Belajar Mengikhlaskan

Ikhlas menerima apa yang terjadi? Hm…bisa dibilang itu sulit buatku. Ya, selama ini aku ingin memenangkan perdebatan dan dihormati banyak orang. Jika ditanya mengapa? Aku pun tak bisa menjawabnya. Mungkin aku egois. Setiap berdebat, aku berusaha sekuat tenaga untuk bisa menang. Saat itu, aku malah diserang oleh banyak teman dari lawan bicaraku yang menganut ajaran sesat. Aku malas berdebat, namun itu bukan berarti aku sudah mengikhlaskan kekalahan itu.

Lantas bagaimana cara untuk belajar mengikhlaskan?
Pertama, mengikhlaskan hasil.
Hal ini kupelajari dari kak Dee Lestari ketika aku mengikuti writing workshop beliau. Kak Dee bercerita bahwa dia sering kalah dalam perlombaan cerpen yang diikutinya. Dia sudah mati rasa dan tak berharap bisa menang. Kak Dee mengikuti lomba cerpen, tetapi dia mendaftar atas nama adiknya. Tak disangka Kak Dee menjadi juara pertama. Ketika Kak Dee menceritakan akan hal ini, tiba-tiba aku teringat kalau aku kalah dalam lomba cerpen Storial, namun menang dalam lomba menulis singkat yang diadakan Nulisbuku sehingga aku dapat menghadiri workshop tersebut. Aku belajar bahwa saat kita tak terlalu berharap akan sesuatu, justru saat itu kita mendapat hasil tak terduga. Ya, jangan terlalu berharap, ikhlaskan saja hasilnya, yang penting sudah berdoa dan berusaha untuk mencoba... Jatuh berkali-kali pun tak apa-apa, asalkan bangun lagi.

Kedua, mengikhlaskan respons orang.
Tak semua orang akan menyukai kita. Biarkan saja. Ada pepatah mengatakan orang yang menyukai kita tak butuh alasan untuk tetap menyayangi kita. Walaupun kita menjelaskan kepada orang yang membenci kita, ia akan tetap punya alasan untuk menyerang kita. Menurutku, kita tidak bisa mengendalikan respons orang terhadap kita. Ketika difitnah, jelaskan faktanya dan waktu akan menjelaskan tentang diri kita yang sesungguhnya.

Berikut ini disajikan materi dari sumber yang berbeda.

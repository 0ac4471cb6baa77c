//! Headers that are read.

use crate::entries::has_text;
use crate::fixtures::{INSTALLED, PLAIN, REGION, REGION_INSTALLED, bytes_of};
use rpm_header::{HeaderFault, View, immutable_digest};
use std::alloc::{AllocError, Global};

fn has_names(view: &View<'_>) -> bool {
    has_text(view, 1000, b"a")
        && has_text(view, 1001, b"1")
        && has_text(view, 1002, b"2")
        && has_text(view, 1022, b"x")
        && view.find(1003).is_none()
}

// Headers, how many entries each has, and how many bytes.
const LAYOUTS: &[(&str, u32, usize)] = &[(PLAIN, 4, 80), (REGION, 5, 112), (INSTALLED, 6, 120)];

/// Whether a header with a byte after it has so many entries and bytes, and its names.
fn is_laid(alloc: Global, hex: &str, entries: u32, length: usize) -> Result<bool, AllocError> {
    let mut blob = bytes_of(alloc, hex)?;
    blob.push(0xff)?;
    match View::parse(&blob) {
        Ok(view) => {
            Ok(view.entries() == entries && view.blob().len() == length && has_names(&view))
        }
        Err(_) => Ok(false),
    }
}

// The blobs that have each answer. Where one has two faults, the answer is the one that is looked
// for first.
const FAULTS: &[(Option<HeaderFault>, &[&str])] = &[
    (
        None,
        &[
            "00000000 00000000",
            // A Null's offset and count mean nothing.
            "00000001 00000000 000003e8 00000000 ffffffff ffffffff",
            // Of a trailer the third number alone is looked at.
            "00000001 00000010 0000003f 00000007 00000000 00000010 0000003f 00000007 fffffff0 00000010",
            "00000001 00000010 0000003e 00000007 00000000 00000010 00000000 00000000 fffffff0 00000000",
            "00000002 00000010 0000003f 00000007 00000000 00000010 000003e8 00000000 00000000 00000000
             0000003f 00000007 ffffffe0 00000010",
            // No entry but the first is a region.
            "00000002 00000000 000003e8 00000000 00000000 00000000 0000003f 00000000 00000000 00000000",
        ],
    ),
    (
        Some(HeaderFault::Short),
        &[
            "",
            "00000000 000000",
            "00000001 00000000",
            "0000ffff 04000000",
            "00000001 00000001 000003e8 00000006 00000000 00000001",
        ],
    ),
    (
        Some(HeaderFault::TooManyEntries),
        &["00010000 00000000", "00010000 04000001"],
    ),
    (Some(HeaderFault::TooMuchData), &["00000000 04000001"]),
    (
        Some(HeaderFault::BadType(0)),
        &[
            "00000001 00000000 000003e8 0000000a 00000000 00000001",
            "00000001 00000000 0000003f 0000000a 00000001 00000000",
        ],
    ),
    (
        Some(HeaderFault::BadOffset(0)),
        &[
            "00000001 00000004 000003e8 00000004 00000002 00000001 00000000",
            "00000001 00000004 000003e8 00000003 00000001 00000001 00000000",
            "00000001 0000000c 000003e8 00000005 00000004 00000001 00000000 00000000 00000000",
            "00000001 00000004 000003e8 00000007 00000005 00000001 00000000",
            "00000001 00000000 000003e8 00000004 00000001 00000000",
        ],
    ),
    (
        Some(HeaderFault::BadCount(0)),
        &[
            "00000001 00000001 000003e8 00000001 00000000 00000000 00",
            "00000001 00000001 000003e8 00000002 00000000 00000002 00",
            "00000001 00000004 000003e8 00000003 00000000 00000003 00000000",
            "00000001 00000004 000003e8 00000004 00000000 00000002 00000000",
            "00000001 00000008 000003e8 00000005 00000000 20000001 00000000 00000000",
            "00000001 00000001 000003e8 00000006 00000000 00000000 00",
            "00000001 00000001 000003e8 00000006 00000000 00000002 00",
            "00000001 00000001 000003e8 00000006 00000000 00000002 61",
            "00000001 00000004 000003e8 00000007 00000000 00000005 00000000",
            "00000001 00000004 000003e8 00000007 00000004 00000001 00000000",
            "00000001 00000001 000003e8 00000008 00000000 00000000 00",
            "00000001 00000001 000003e8 00000009 00000000 00000000 00",
            "00000001 0000000f 0000003f 00000007 00000000 00000010 0000003f 00000007 fffffff0 000000",
        ],
    ),
    (
        Some(HeaderFault::NoEnd(0)),
        &[
            "00000001 00000000 000003e8 00000006 00000000 00000001",
            "00000001 00000001 000003e8 00000006 00000000 00000001 61",
            "00000001 00000003 000003e8 00000008 00000000 00000002 610062",
            "00000001 00000003 000003e8 00000009 00000001 00000002 610062",
            "00000001 00000001 0000003f 00000006 00000000 00000001 61",
            "00000002 00000001 000003e8 00000006 00000000 00000001 000003e9 0000000a 00000000 00000001 61",
        ],
    ),
    (
        Some(HeaderFault::BadRegion),
        &[
            // The third number as signed: -32 of one entry, 0, 16, and -8.
            "00000001 00000010 0000003f 00000007 00000000 00000010 0000003f 00000007 ffffffe0 00000010",
            "00000001 00000010 0000003e 00000007 00000000 00000010 0000003e 00000007 ffffffe0 00000010",
            "00000001 00000010 0000003f 00000007 00000000 00000010 0000003f 00000007 00000000 00000010",
            "00000001 00000010 0000003f 00000007 00000000 00000010 0000003f 00000007 00000010 00000010",
            "00000001 00000010 0000003f 00000007 00000000 00000010 0000003f 00000007 fffffff8 00000010",
            // The wrong count, the wrong type, and nothing at all.
            "00000001 00000010 0000003f 00000007 00000000 0000000f 0000003f 00000007 fffffff0 00000010",
            "00000001 00000010 0000003f 00000004 00000000 00000004 0000003f 00000007 fffffff0 00000010",
            "00000001 00000000 0000003f 00000000 00000000 00000000",
            "00000002 00000000 0000003f 00000000 00000000 00000000 000003e9 0000000a 00000000 00000001",
        ],
    ),
    (
        Some(HeaderFault::BadType(1)),
        &[
            "00000002 00000000 000003e8 00000000 00000000 00000000 0000003f 0000000a 00000000 00000000",
        ],
    ),
    (
        Some(HeaderFault::BadOffset(1)),
        &[
            "00000002 00000002 000003e8 00000006 00000000 00000001 000003e9 00000003 00000001 00000001 0000",
        ],
    ),
    (
        Some(HeaderFault::BadCount(1)),
        &[
            "00000002 00000001 000003e8 00000006 00000000 00000001 000003e9 00000006 00000000 00000003 00",
        ],
    ),
    (
        Some(HeaderFault::NoEnd(1)),
        &[
            "00000002 00000002 000003e8 00000006 00000000 00000001 000003e9 00000006 00000001 00000001 0061",
        ],
    ),
    (
        Some(HeaderFault::NoEnd(2)),
        &[
            "00000003 00000001 000003e8 00000000 00000000 00000000 000003e8 00000000 00000000 00000000
           000003e9 00000006 00000000 00000001 61",
        ],
    ),
];

/// The first fault of a header.
fn fault_of(alloc: Global, hex: &str) -> Result<Option<HeaderFault>, AllocError> {
    let blob = bytes_of(alloc, hex)?;
    Ok(View::parse(&blob).err())
}

/// A header of ten entries, which share 128 texts; the last is said to have so many.
fn sharing(alloc: Global, last: u32) -> Result<Vec<u8>, AllocError> {
    let mut bytes = bytes_of(alloc, "0000000a 00000100")?;
    for _ in 0..9u32 {
        bytes.extend_from_slice(&bytes_of(alloc, "00000417 00000008 00000000 00000080")?)?;
    }
    bytes.extend_from_slice(&bytes_of(alloc, "00000417 00000008 00000000")?)?;
    bytes.extend_from_slice(&last.to_be_bytes())?;
    for _ in 0..128u32 {
        bytes.extend_from_slice(b"a\0")?;
    }
    Ok(bytes)
}

// How many texts the last entry is said to have, and the fault.
const SHARED: &[(u32, Option<HeaderFault>)] = &[(128, None), (129, Some(HeaderFault::NoEnd(9)))];

/// The first fault of such a header.
fn shared_fault(alloc: Global, last: u32) -> Result<Option<HeaderFault>, AllocError> {
    Ok(View::parse(&sharing(alloc, last)?).err())
}

// Headers with the SHA-256 of their region as `sha256sum` of coreutils gives it.
const DIGESTS: &[(&str, &str)] = &[
    (
        REGION,
        "3d0d85fe20030bf49852a9bd894c16eaef3594996b7685ce400298d8bbab7e0d",
    ),
    (
        REGION_INSTALLED,
        "3d0d85fe20030bf49852a9bd894c16eaef3594996b7685ce400298d8bbab7e0d",
    ),
    (
        "00000002 00000010 0000003f 00000007 00000000 00000010 000003e8 00000000 00000000 00000000
         0000003f 00000007 fffffff0 00000010",
        "a751567a298d70b9699c88f6c8948911cd7a41893fb9efea86326eb4888dd14a",
    ),
    (PLAIN, ""),
    (
        "00000001 00000010 0000003e 00000007 00000000 00000010 0000003e 00000007 fffffff0 00000010",
        "",
    ),
    ("00000000 00000000", ""),
];

fn is_digest(view: &View<'_>, want: &[u8]) -> bool {
    match immutable_digest(view) {
        Some(digest) => digest.as_slice() == want,
        None => want.is_empty(),
    }
}

/// Whether the region of a header has this digest, or where none is given, there is none.
fn has_digest(alloc: Global, hex: &str, want: &str) -> Result<bool, AllocError> {
    let blob = bytes_of(alloc, hex)?;
    let digest = bytes_of(alloc, want)?;
    match View::parse(&blob) {
        Ok(view) => Ok(is_digest(&view, &digest)),
        Err(_) => Ok(false),
    }
}

fn unlike_layout(alloc: Global) -> Option<&'static str> {
    for &(hex, entries, length) in LAYOUTS {
        if is_laid(alloc, hex, entries, length) != Ok(true) {
            return Some(hex);
        }
    }
    None
}

fn unlike_in<'a>(
    alloc: Global,
    fault: Option<HeaderFault>,
    blobs: &'a [&'a str],
) -> Option<&'a str> {
    for &hex in blobs {
        if fault_of(alloc, hex) != Ok(fault) {
            return Some(hex);
        }
    }
    None
}

fn unlike_fault(alloc: Global) -> Option<&'static str> {
    for &(fault, blobs) in FAULTS {
        if let Some(hex) = unlike_in(alloc, fault, blobs) {
            return Some(hex);
        }
    }
    None
}

fn unlike_shared(alloc: Global) -> Option<u32> {
    for &(texts, fault) in SHARED {
        if shared_fault(alloc, texts) != Ok(fault) {
            return Some(texts);
        }
    }
    None
}

fn unlike_digest(alloc: Global) -> Option<&'static str> {
    for &(hex, want) in DIGESTS {
        if has_digest(alloc, hex, want) != Ok(true) {
            return Some(hex);
        }
    }
    None
}

#[test]
fn headers_are_read_refused_and_digested(rt: HostRuntime) {
    let alloc = rt.alloc();
    let layout = unlike_layout(alloc);
    let fault = unlike_fault(alloc);
    let shared = unlike_shared(alloc);
    let digest = unlike_digest(alloc);
    assert!(rt;
        layout.is_none() && fault.is_none() && shared.is_none() && digest.is_none(),
        "{layout:?} {fault:?} {shared:?} {digest:?}"
    );
}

Ketiga, mengikhlaskan dalam memberi.
Memberi kepada Tuhan dan sesama memerlukan keikhlasan. Kita tidak bisa memberi sepuluh dan mengharapkan Tuhan mengembalikan berlipat kali ganda. Semua adalah milik Sang Pencipta dan kita hanya pengelola.

Keempat, mengikhlaskan untuk dilupakan.
Hari ini aku berulang tahun. Namun, ada beberapa teman dekat yang tidak mengucapiku. Dahulu, aku sempat kecewa. Akan tetapi, aku belajar untuk menyadari bahwa hiruk pikuk kehidupan sering kali membuat orang lupa akan hal lain. Yang terpenting kami masih bersahabat dan saling menyemangati. Tak perlu dirayakan secara mewah di restoran.

Jadi, belajar mengikhlaskan memang sulit. Tetapi, tidak ada yang mustahil bersama Tuhan. Maukah kita belajar mengikhlaskan?